I also spend a lot of time listening to my peers. I love celebrating our community - it's so rich with talent.

And let's be honest, It's no secret I love Lucy Yeghiazaryan - she's my muse. During the pandemic I downloaded every concert I could find of hers and would listen to them over and over trying to figure out how I could sound that good. You can't deny that she is one of the magical and flawless voices of our time."

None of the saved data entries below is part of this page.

//! The items that a send window keeps.
ghost use Rattle.std.specs.Prelude.{◌≡◌, ◌<◌, ◌≤◌, [], ◌∷◌, ◌++◌, length, drop, slice_get, IfOk};
ghost use Rattle.std.specs.Option.{option_copied};

use chaos_packet::{Item, MAX_DATA, Opcode, Ring};
use std::alloc::{AllocError, Global};
use std::marker::Model;

/// A queue of items, with room for a fixed number of items. A contract sees the items, the oldest
/// first, and that number.
///
/// `new` takes the memory for all of them, and no later call takes any. Each item lies in a place
/// of its own, which stays when the item goes. No call moves an item.
#[derive(Drop)]
pub struct Kept {
    held: Ring<Item>,
}

impl Model for Kept {
    ghost use Rattle.std.specs.Prelude.{◌≡◌};
    ghost use Rattle.chaos_window.specs.Kept.{KeptView};

    ghost Value = { KeptView };

    ghost view = { λ k. record { items = k.held.items; cap = k.held.cap } };

    ghost invariant = { λ k. k.held.taken ≡ 0 };
}

impl Kept {
    /// An empty queue, with room for `cap` items.
    pub fn new(alloc: Global, cap: usize) -> Result<Self, AllocError>
        ensures { IfOk result (λ kept. kept ≡ record { items = []; cap = cap }) }
    {
        let held = Ring::new(alloc, cap)?;
        Ok(Kept { held })
    }

    /// Adds an item with a copy of these bytes at the back, which is made where it is to lie.
    pub fn add(&mut self, op: Opcode, bytes: &[u8])
        requires room { length self.old.items < self.old.cap }
        requires fits { length bytes.now ≤ MAX_DATA }
        ensures { self.new ≡ record self.old {
          items = self.old.items ++ (record { op = op; body = bytes.now }) ∷ [];
        } }
    {
        if let Some(mut place) = self.held.take_spare() {
            place.value.overwrite(op, bytes);
            self.held.push(place);
        }
    }

    /// Lends the item at an index, the oldest at 0.
    pub fn get(&self, index: usize) -> Option<&Item>
        ensures { option_copied result ≡ slice_get self.now.items index }
    {
        self.held.get(index)
    }

    /// Drops the first items where they lie.
    pub fn drop_front(&mut self, count: usize)
        ensures { self.new ≡ record self.old { items = drop count self.old.items } }
    {
        for i in 0..count {
            self.drop_oldest();
        }
    }

    /// Drops the first item, where there is one.
    fn drop_oldest(&mut self)
        ensures { self.new ≡ record self.old { items = drop 1 self.old.items } }
    {
        self.held.drop_front();
    }

    /// Drops every item.
    pub fn clear(&mut self)
        ensures { self.new ≡ record self.old { items = [] } }
    {
        let count = self.held.len();
        self.drop_front(count);
    }
}
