//! The laws of FILE over a network. A law is a function that does nothing. Its contract states the
//! law, and a caller learns the law by the call.
ghost use Rattle.file_net.specs.FileNet.{FileNetLaw, HistoriesGrow};
ghost use Rattle.file_net.specs.Serving.{ServingIsEvent};
ghost use Rattle.file_net.specs.Short.{ShortFileLaw, TwoAreServed};
ghost use Rattle.file_net.specs.Users.{UsersAreTold};

use chaos_file::Store;

/// The law of one history. Take any run of two hosts on one network, whose host B serves FILE to
/// all connections from one store. The server serves one command of one client at a time, as if
/// there were one client.
pub fn law_file_net()
    // The files are what FILE's definition computes from one history of all commands. In it each
    // connection has a session of its own, new at first, and each reply is the right reply. What a
    // connection of B, past or present, has read and written are that connection's commands and
    // replies in the history, each once and in order. What the user of a client has read is a
    // prefix of the replies in the history. The commands in the history are a prefix of what that
    // user has written.
    ensures { FileNetLaw }
{}

/// The law of time. A command whose reply a client has read stands before each command that any
/// client writes later.
pub fn law_grows()
    // The order of the history is the order of time: the history grows only at its end, whatever
    // happens.
    ensures { HistoriesGrow }
{}

/// The law of `serve_one`, over a store that keeps its files honestly.
pub fn law_serving<S: Store>()
    // What the contract of `serve_one` says of host, packets, store and session is an event of the
    // file net: B served that connection once. No other session changes.
    ensures { ServingIsEvent S.contents S.may_give S.count }
{}

/// The law of short runs. The other laws hold of such a run with no premise on the age of packets.
pub fn law_short_file()
    // Whatever at most 128 events lead to from two new hosts is reached, if memory and the store
    // don't fail: each packet is fresh.
    ensures { ShortFileLaw }
{}

/// The law that the other laws aren't empty.
pub fn law_served()
    // 17 events lead to a file net that is reached. The server has served two clients, not in the
    // order in which their commands arrived, and one client has read its reply.
    ensures { TwoAreServed }
{}

/// The law of the calls of a client's user.
pub fn law_users()
    // In every run, the data that a connection of A has written are the data that the writes of its
    // user took. The data that the connection has read are the data that the reads gave, in order.
    ensures { UsersAreTold }
{}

What is KU!'s importance to the city?
"KEYEDUP! has been a game changer. I first heard about them when I was at my favorite place to get black-out drunk and eat buffalo wings - Hermana NYC (hosting Aida Brandes every Tuesday night). But once I met the team and they were so welcoming, I knew it was going to be the right fit - and I was right. It has been swell. Let's get to the bone and marrow of it, live music was already suffering before the pandemic. And as a gigging musician, you have to decide between working for really shitty pay or not working at all. Venue owners nickel and dime you, are unsupportive and reap all the benefits of your labor and talents - and think a few drink tickets and $50 is gonna help you survive. Well, it ain't. So, for KU! to be helping subsidize the funds to properly pay musicians... no words will ever be able to express my deeply profound gratitude. They are keeping the music alive."

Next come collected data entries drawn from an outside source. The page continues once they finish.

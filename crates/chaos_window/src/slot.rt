//! One slot of a receive window.
ghost use Rattle.std.specs.Prelude.{◌≡◌, ◌≤◌, length, is_some, Some, None, IfOk};
ghost use Rattle.std.specs.Option.{option_copied};

use chaos_packet::{Item, MAX_DATA, Opcode};
use std::alloc::{AllocError, Global};
use std::marker::Model;

/// A slot: an item that arrived, or none. A contract sees the item, where there is one.
///
/// The place for an item is taken when the slot is made. A dropped item is left lying there until
/// the next item is written over it, so neither an empty item nor a second copy is ever written.
#[derive(Drop)]
pub struct Slot {
    /// Whether an item is held. If not, what lies in the place means nothing.
    held: bool,
    place: Box<Item, Global>,
}

impl Model for Slot {
    ghost use Rattle.std.specs.Prelude.{Option, Some, None, if◌then◌else◌};
    ghost use Rattle.chaos_packet.specs.Item.{ItemView};

    ghost Value = { Option ItemView };

    ghost view = { λ s. if s.held then Some s.place.value else None };
}

impl Slot {
    /// An empty slot, with the memory for an item.
    pub fn new(alloc: Global) -> Result<Self, AllocError>
        ensures { IfOk result (λ slot. slot ≡ None) }
    {
        let place = Box::new(alloc, Item::default())?;
        Ok(Slot { held: false, place })
    }

    /// Whether it holds an item.
    pub fn is_held(&self) -> bool
        ensures { result ≡ is_some self.now }
    {
        self.held
    }

    /// Lends the item that it holds.
    pub fn get(&self) -> Option<&Item>
        ensures { option_copied result ≡ self.now }
    {
        if self.held { Some(&*self.place) } else { None }
    }

    /// Holds this item, in place of what it held.
    pub fn put(&mut self, item: Item)
        ensures { self.new ≡ Some item }
    {
        *self.place = item;
        self.held = true;
    }

    /// Holds an item with a copy of these bytes, which are written where it lies.
    pub fn fill(&mut self, op: Opcode, bytes: &[u8])
        requires { length bytes.now ≤ MAX_DATA }
        ensures { self.new ≡ Some (record { op = op; body = bytes.now }) }
    {
        self.place.overwrite(op, bytes);
        self.held = true;
    }

    /// Hands the item out that it holds, and holds none.
    pub fn take(&mut self) -> Option<Item>
        ensures item { result ≡ self.old }
        ensures empty { self.new ≡ None }
    {
        if !self.held {
            return None;
        }
        self.held = false;
        Some(Item::new(self.place.op, self.place.bytes()))
    }

    /// Holds no item any more.
    pub fn empty(&mut self)
        ensures { self.new ≡ None }
    {
        self.held = false;
    }
}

Despite the pandemic, I never stopped creating or making music. In March of 2020, I curated an online interview series through the Club Cumming instagram called Conversations on Jazz. I was then able to get the keys to the club and give musicians out of work streaming bookings in a series I called Alone Together. As soon as we were able to perform outdoors, I was on it - in the snow and sleet with Chris McCarthy performing in freezing weather with no heaters. Then in Feb of 2021 we were able to move inside. That was a game changer. For nearly a year, I had one of the only working septets in NYC and because so many INCREDIBLE musicians who probably would NEVER have worked with me before were out of work and bored, they came and played Club Cumming. That put me and my name on the map in a way it was never seen before."
"I hope we can get back to a place where congregating to hear live music doesn't feel uncomfortable for anyone. We've all been through so much fear and conditioning regarding the pandemic. I know, no matter what, nothing is going to stop me from singing Jazz. And I hope the echoes of the work I've put in are heard in the music of LGBTQIAA jazz musicians long after I'm gone. That is my hope."



You can catch Richard on Tuesday nights at Club Cumming, Thursday nights at Metropolitan Lounge BK and Sundays at Rebar Chelsea. Richard is also working on a visual live album, a studio record with my septet. "Keep your eyes and ears out."